The chemical that once fed a hungry nation is now poisoning its groundwater, fueling disease, and deepening the climate crisis, all paid for by public money.
India has long celebrated the Green Revolution a miracle that helped feed over a billion people and turned the country into an agricultural powerhouse. But behind this story of self-reliance lies a far more toxic truth. We are now caught in a dangerous paradox: the same chemical-synthetic nitrogen, that once saved us from starvation is now slowly poisoning our water, polluting our air, and draining our national finances.
The numbers are alarming. India spent Rs 1.91 lakh crore in 2024–25 just on subsidizing urea, one of the most commonly used nitrogen fertilizers. That’s more than the combined budgets of education, health, and environment ministries. And what do we get in return? Only 20–30% of this nitrogen is actually absorbed by crops. The rest, nearly 80% leaks into our environment, contaminating water, damaging soil, and releasing dangerous gases into our atmosphere.
This is not just waste. It’s a silent tsunami that affects every Indian family from the food we eat, to the water we drink, to the air we breathe.
A Miracle Turned Menace: The Story of Nitrogen
The invention of synthetic nitrogen, through the Haber-Bosch process, is one of the greatest scientific breakthroughs of the 20th century. It enabled humanity to grow enough food for a rapidly increasing population hence the phrase “bread from air.”
In India, synthetic nitrogen became the backbone of agriculture, especially after the Green Revolution. But over time, it turned into a monopoly input. Today, over 70% of the nitrogen used in Indian cereal farming comes from chemical fertilizers like urea. And because this urea is heavily subsidized, farmers have every incentive to use more than needed, even when the land doesn’t require it.

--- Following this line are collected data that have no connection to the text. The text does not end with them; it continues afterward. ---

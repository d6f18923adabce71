//! The flywheel. Read next: `frame`.
ghost use Rattle.std.specs.Prelude.{◌≡◌, ℕ, ◌+◌, ◌<◌, ◌≤◌, ◌^◌, Bool, true, false, List, [], ◌∷◌, ◌++◌, IfSome};
ghost use Rattle.flywheel.specs.declared.heard.HeardWord.{HeardWord};
ghost use Rattle.flywheel.specs.declared.frame.Frame.{Frame};
ghost use Rattle.flywheel.specs.declared.frame.Frame.TheVariants.{Gone};
ghost use Rattle.flywheel.specs.Frames.{frames, heard_as, invented_after, is_due, tick_after};
ghost use Rattle.flywheel.specs.Wheel.{frames_left, goes_on_with, has_frame_due, running, still, IsInRange, IsPast};
ghost use Rattle.flywheel.specs.StandsFor.{HasGivenAll, StandsFor, StandsAfterTick};

use crate::frame::Frame;
use crate::heard::HeardWord;
use std::marker::Model;

/// Bridges the gaps between the words that are heard, with at most `limit` invented frames in each.
#[derive(Drop)]
pub struct Flywheel {
    limit: u8,
    reference: Option<HeardWord>,
    invented: u32,
    /// The first tick at which a frame is due, so that most ticks need one comparison.
    due_from: u64,
}

/// Past each tick that may occur.
const NEVER: u64 = u64::MAX;

impl Model for Flywheel {
    ghost use Rattle.flywheel.specs.Wheel.{Wheel, wheel_of, KeepsTime};

    ghost Value = { Wheel };

    ghost view = { λ w. wheel_of w.limit w.reference w.invented };

    ghost invariant = { λ w. KeepsTime w.limit w.reference w.invented w.due_from };
}

impl Flywheel {
    /// A flywheel that has heard no word.
    pub fn new(limit: u8) -> Flywheel
        ensures value { result ≡ still limit }
        ensures stands { StandsFor result [] 0 [] }
    {
        Flywheel {
            limit,
            reference: None,
            invented: 0,
            due_from: NEVER,
        }
    }

    /// A flywheel that has invented `invented` frames since a word.
    fn since(limit: u8, word: HeardWord, invented: u32) -> Flywheel
        requires range { IsInRange word }
        requires within { invented ≤ limit }
        ensures { result ≡ running limit word invented }
    {
        Flywheel {
            limit,
            reference: Some(word),
            invented,
            due_from: word.due_tick(invented + 1),
        }
    }

    /// Whether a frame is due at the tick.
    pub fn due(&self, tick: u64) -> bool
        requires below { tick < 2 ^ 60 }
        requires not_before { IfSome self.now.reference (λ word. word.tick ≤ tick) }
        ensures value { result ≡ has_frame_due self.now tick }

        // If nothing is due, all frames of the words so far were given.
        ensures stands { (words : List HeardWord) (earlier : ℕ) (given : List Frame)
            → StandsFor self.now words earlier given → earlier ≤ tick
            → result ≡ false → HasGivenAll self.now words tick given }
    {
        self.due_from <= tick
    }

    /// The next frame that is due at the tick. Several may be due at one tick, so this is called until
    /// it gives none.
    pub fn passed(&mut self, tick: u64) -> Option<Frame>
        requires below { tick < 2 ^ 60 }
        requires not_before { IfSome self.old.reference (λ word. word.tick ≤ tick) }

        // None if nothing is due, and then nothing changes.
        ensures none { has_frame_due self.old tick ≡ false → (result ≡ None) × (self.new ≡ self.old) }

        // A frame that is due is invented within the limit, and else it is the end.
        ensures invented { IfSome self.old.reference (λ word. let step = self.old.invented + 1 in
            is_due word step tick ≡ true → step ≤ self.old.limit
            → (result ≡ Some (invented_after word step)) × (self.new ≡ running self.old.limit word step)) }
        ensures gone { IfSome self.old.reference (λ word. let step = self.old.invented + 1 in
            is_due word step tick ≡ true → self.old.limit < step
            → (result ≡ Some (Gone (tick_after word step))) × (self.new ≡ still self.old.limit)) }

        // Its tick is not past this one.
        ensures past { IfSome result (λ frame. IsPast frame tick) }

        // So a loop until none ends, and its calls may be made.
        ensures fewer { IfSome result (λ _. frames_left self.new < frames_left self.old) }
        ensures limit { self.new.limit ≡ self.old.limit }
        ensures not_before { IfSome self.new.reference (λ word. word.tick ≤ tick) }

        // What it means for the frames of the words so far.
        ensures stands { (words : List HeardWord) (earlier : ℕ) (given : List Frame)
            → StandsFor self.old words earlier given → earlier ≤ tick
            → StandsAfterTick self.new words tick given result }
    {
        if !self.due(tick) {
            return None;
        }
        let word = self.reference?;
        let step = self.invented + 1;
        if step <= u32::from(self.limit) {
            *self = Flywheel::since(self.limit, word, step);
            Some(Frame::Invented {
                label: word.label_after(step),
                direction: word.direction,
                step,
                tick: word.tick_after(step),
            })
        } else {
            *self = Flywheel::new(self.limit);
            Some(Frame::Gone {
                tick: word.tick_after(step),
            })
        }
    }

    /// Whether the word goes on from the reference and the frames invented since.
    fn goes_on_with(&self, word: &HeardWord) -> bool
        ensures { result ≡ goes_on_with self.now word.now }
    {
        match &self.reference {
            Some(before) => before.leads_to(self.invented + 1, word),
            None => false,
        }
    }

    /// Takes a word, at whose tick nothing is due any more.
    pub fn heard(&mut self, word: &HeardWord) -> Frame
        requires range { IsInRange word.now }
        requires not_before { IfSome self.old.reference (λ before. before.tick ≤ word.now.tick) }
        requires nothing_due { has_frame_due self.old word.now.tick ≡ false }

        ensures frame { result ≡ heard_as (goes_on_with self.old word.now) word.now }
        ensures reference { self.new ≡ running self.old.limit word.now 0 }
        ensures left { frames_left self.new ≤ 256 }

        // What it means for the frames of the words so far.
        ensures stands { (words : List HeardWord) (earlier : ℕ) (given : List Frame)
            → StandsFor self.old words earlier given → earlier ≤ word.now.tick
            → HasGivenAll self.new (words ++ word.now ∷ []) word.now.tick (given ++ result ∷ []) }
    {
        let joined = self.goes_on_with(word);
        *self = Flywheel::since(self.limit, *word, 0);
        Frame::Heard {
            label: word.label,
            direction: word.direction,
            joined,
            tick: word.tick,
        }
    }
}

This “more-is-better” approach has created a vicious cycle of declining soil health, rising input dependency, and ever-growing subsidies.

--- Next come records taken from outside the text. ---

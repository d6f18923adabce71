//! A word as the flywheel hears it. Read next: `wheel`.
ghost use Rattle.std.specs.Prelude.{◌≡◌, ◌<◌, ◌≤◌, ◌^◌, ◌+◌};
ghost use Rattle.tc_address.specs.Label.{IsLabel};
ghost use Rattle.flywheel.specs.Frames.{is_next, label_after, tick_after};
ghost use Rattle.flywheel.specs.Wheel.{due_tick, IsInRange};

use tc_address::{Direction, Label, advance};

/// A word of linear time code that was heard.
#[derive(Clone, Copy)]
pub struct HeardWord {
    pub label: Label,
    /// The way in which the tape moved.
    pub direction: Direction,
    /// The tick at which the word ended.
    pub tick: u64,
    /// How many ticks the word lasted: the length of a frame.
    pub length: u64,
}

impl HeardWord {
    /// The label `steps` steps further in the word's direction.
    pub(crate) fn label_after(&self, steps: u32) -> Label
        ensures { result ≡ label_after self.now steps }
    {
        let steps = i64::from(steps);
        match self.direction {
            Direction::Forward => advance(&self.label, steps),
            Direction::Backward => advance(&self.label, -steps),
        }
    }

    /// The tick at which the frame of a step would have been heard.
    pub(crate) fn tick_after(&self, steps: u32) -> u64
        requires range { IsInRange self.now }
        requires steps { steps ≤ 256 }
        ensures value { result ≡ tick_after self.now steps }
        ensures most { result < 2 ^ 60 + 2 ^ 41 }
    {
        self.tick + u64::from(steps) * self.length
    }

    /// The first tick at which the frame of a step is due, half a length after its own.
    pub(crate) fn due_tick(&self, steps: u32) -> u64
        requires range { IsInRange self.now }
        requires steps { steps ≤ 256 }
        ensures { result ≡ due_tick self.now steps }
    {
        self.tick_after(steps) + self.length.div_ceil(2)
    }

    /// Whether another word is the one to which this one leads after `steps` steps: it has its direction, and
    /// the label that is so many steps further in that direction.
    pub fn leads_to(&self, steps: u32, next: &HeardWord) -> bool
        ensures { result ≡ is_next self.now steps next.now }
    {
        self.direction == next.direction && self.label_after(steps) == next.label
    }
}
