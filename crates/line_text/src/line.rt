//! A line, and the bytes that are appended to it. Read next: `numbers`.
ghost use Rattle.std.specs.Prelude.{◌≡◌, ◌+◌, ◌≤◌, ◌++◌, length};
ghost use Rattle.arrayvec.specs.ArrayVec.{array_vec_len};

use arrayvec::ArrayVec;

/// One line of a report, with its newline.
pub type Text = ArrayVec<u8, 128>;

/// Appends bytes.
pub fn push_bytes(text: &mut Text, bytes: &[u8])
    requires { array_vec_len text.old + length bytes.now ≤ 128 }
    ensures items { text.new.items ≡ text.old.items ++ bytes.now }
    ensures len { array_vec_len text.new ≡ array_vec_len text.old + length bytes.now }
{
    let _fits = text.try_extend_from_slice(bytes);
}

The 80% Waste Problem: Where Does All That Nitrogen Go?
Here’s the hard truth: 80% of the nitrogen applied on Indian fields doesn’t help the crop at all. It gets lost through:
•Volatilization (released into the air as ammonia or nitrous oxide)
Surface runoff (washed into rivers and lakes)
Leaching (seeping into groundwater)
And that’s not just bad science. It’s economic suicide. We’re literally pouring taxpayer money into the soil, only to see it poison the environment.
Global studies estimate that nitrogen waste costs the world $200 billion every year. In India, this cost is borne directly by the government and indirectly by citizens who face the consequences – contaminated water, poor crop quality, and rising healthcare
expenses.
The Poison in Your Water: India’s Groundwater Emergency
This is where the crisis becomes personal.
As per the Central Groundwater Board (CGWB) report 2023, official data shows that 440 districts in India have groundwater contaminated with nitrate levels above the safe limit of 45 mg/litre. This number has risen significantly in recent years.
High nitrate levels in drinking water are known to cause:
Blue Baby Syndrome in infants
Thyroid and hormonal imbalances
Stomach cancers and other chronic illnesses
Imagine this: You might be drinking government-subsidized poison every day, without even knowing it. And while richer households can afford RO purifiers or bottled water, millions in rural India cannot.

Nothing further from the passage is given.